[What you are asked to do] Please restate the data word for word, leaving out no line.

[The records]

-*-

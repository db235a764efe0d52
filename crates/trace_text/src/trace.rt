// A trace as text.
ghost use Rattle.std.specs.Prelude.{◌≡◌, ◌++◌, IfOk, map, string_bytes, codes};
ghost use Rattle.std.specs.List.{flat_map};
ghost use Rattle.trace_text.specs.Fates.{fate_words as words_of};
ghost use Rattle.trace_text.specs.Lent.{lent_fate, lent_frame};
ghost use Rattle.trace_text.specs.TraceLines as lines;
ghost use Rattle.trace_text.specs.TraceLines.{frame_value, trace_text};

use crate::fate::{FateKind, FateLent};
use crate::frame::{End, FrameLent};
use crate::frame_log::FrameLog;
use std::alloc::{AllocError, Global};

/// The frames as text, a line for each of them.
pub fn write_trace(alloc: Global, frames: &FrameLog) -> Result<Vec<u8>, AllocError>
    ensures { IfOk result (λ text. text.items ≡ trace_text (map frame_value frames.now.items)) }
{
    let mut text = Vec::new(alloc);
    for place in 0..frames.len() {
        let line = write_frame(alloc, frames.get(place))?;
        text.extend_from_slice(line.as_bytes())?;
    }
    Ok(text)
}

/// The line of a frame, with its end: its number, `H` or `D` for the sender, its fate, `+` where it came and `-` otherwise,
/// and its bytes in hexadecimal of lower case. The words of a fate are those of a script, or `ok`.
pub fn write_frame(alloc: Global, frame: FrameLent<'_>) -> Result<String, AllocError>
    ensures { IfOk result (λ line. string_bytes line ≡ lines.frame_line (lent_frame frame.entry)) }
{
    let number = frame.number;
    let from = end_word(frame.from);
    let fate = fate_words(alloc, frame.fate)?;
    let mark = if frame.came { "+" } else { "-" };
    let bytes = hex::encode(alloc, frame.bytes)?;
    format!(in alloc; "{number} {from} {fate} {mark} {bytes}\n")
}

fn end_word(end: End) -> &'static str
    ensures { result.now ≡ lines.end_word end }
{
    match end {
        End::Handheld => "H",
        End::Desktop => "D",
    }
}

// The words of a fate.
fn fate_words(alloc: Global, fate: FateLent<'_>) -> Result<String, AllocError>
    ensures { IfOk result (λ words. string_bytes words ≡ words_of (lent_fate fate.entry)) }
{
    match fate.kind {
        FateKind::Ok => String::from_str(alloc, "ok"),
        FateKind::Lost => String::from_str(alloc, "lost"),
        FateKind::Late => String::from_str(alloc, "late"),
        FateKind::Unplug => String::from_str(alloc, "unplug"),
        FateKind::Abort => String::from_str(alloc, "abort"),
        FateKind::Cut(length) => format!(in alloc; "cut {length}"),
        FateKind::Hit(place) => {
            let bytes = hex::encode(alloc, fate.bytes)?;
            format!(in alloc; "hit {place} {bytes}")
        }
        FateKind::Noise => {
            let bytes = hex::encode(alloc, fate.bytes)?;
            format!(in alloc; "noise {bytes}")
        }
    }
}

-*-

[Task answer]
repository db235a764efe0d52
filename crates/trace_text/src/trace.rt
// A trace as text.
ghost use Rattle.std.specs.Prelude.{◌≡◌, ◌++◌, IfOk, map, string_bytes, codes};
ghost use Rattle.std.specs.List.{flat_map};
ghost use Rattle.trace_text.specs.Fates.{fate_words as words_of};
ghost use Rattle.trace_text.specs.Lent.{lent_fate, lent_frame};
ghost use Rattle.trace_text.specs.TraceLines as lines;
ghost use Rattle.trace_text.specs.TraceLines.{frame_value, trace_text};

use crate::fate::{FateKind, FateLent};
use crate::frame::{End, FrameLent};
use crate::frame_log::FrameLog;
use std::alloc::{AllocError, Global};

/// The frames as text, a line for each of them.
pub fn write_trace(alloc: Global, frames: &FrameLog) -> Result<Vec<u8>, AllocError>
    ensures { IfOk result (λ text. text.items ≡ trace_text (map frame_value frames.now.items)) }
{
    let mut text = Vec::new(alloc);
    for place in 0..frames.len() {
        let line = write_frame(alloc, frames.get(place))?;
        text.extend_from_slice(line.as_bytes())?;
    }
    Ok(text)
}

/// The line of a frame, with its end: its number, `H` or `D` for the sender, its fate, `+` where it came and `-` otherwise,
/// and its bytes in hexadecimal of lower case. The words of a fate are those of a script, or `ok`.
pub fn write_frame(alloc: Global, frame: FrameLent<'_>) -> Result<String, AllocError>
    ensures { IfOk result (λ line. string_bytes line ≡ lines.frame_line (lent_frame frame.entry)) }
{
    let number = frame.number;
    let from = end_word(frame.from);
    let fate = fate_words(alloc, frame.fate)?;
    let mark = if frame.came { "+" } else { "-" };
    let bytes = hex::encode(alloc, frame.bytes)?;
    format!(in alloc; "{number} {from} {fate} {mark} {bytes}\n")
}

fn end_word(end: End) -> &'static str
    ensures { result.now ≡ lines.end_word end }
{
    match end {
        End::Handheld => "H",
        End::Desktop => "D",
    }
}

// The words of a fate.
fn fate_words(alloc: Global, fate: FateLent<'_>) -> Result<String, AllocError>
    ensures { IfOk result (λ words. string_bytes words ≡ words_of (lent_fate fate.entry)) }
{
    match fate.kind {
        FateKind::Ok => String::from_str(alloc, "ok"),
        FateKind::Lost => String::from_str(alloc, "lost"),
        FateKind::Late => String::from_str(alloc, "late"),
        FateKind::Unplug => String::from_str(alloc, "unplug"),
        FateKind::Abort => String::from_str(alloc, "abort"),
        FateKind::Cut(length) => format!(in alloc; "cut {length}"),
        FateKind::Hit(place) => {
            let bytes = hex::encode(alloc, fate.bytes)?;
            format!(in alloc; "hit {place} {bytes}")
        }
        FateKind::Noise => {
            let bytes = hex::encode(alloc, fate.bytes)?;
            format!(in alloc; "noise {bytes}")
        }
    }
}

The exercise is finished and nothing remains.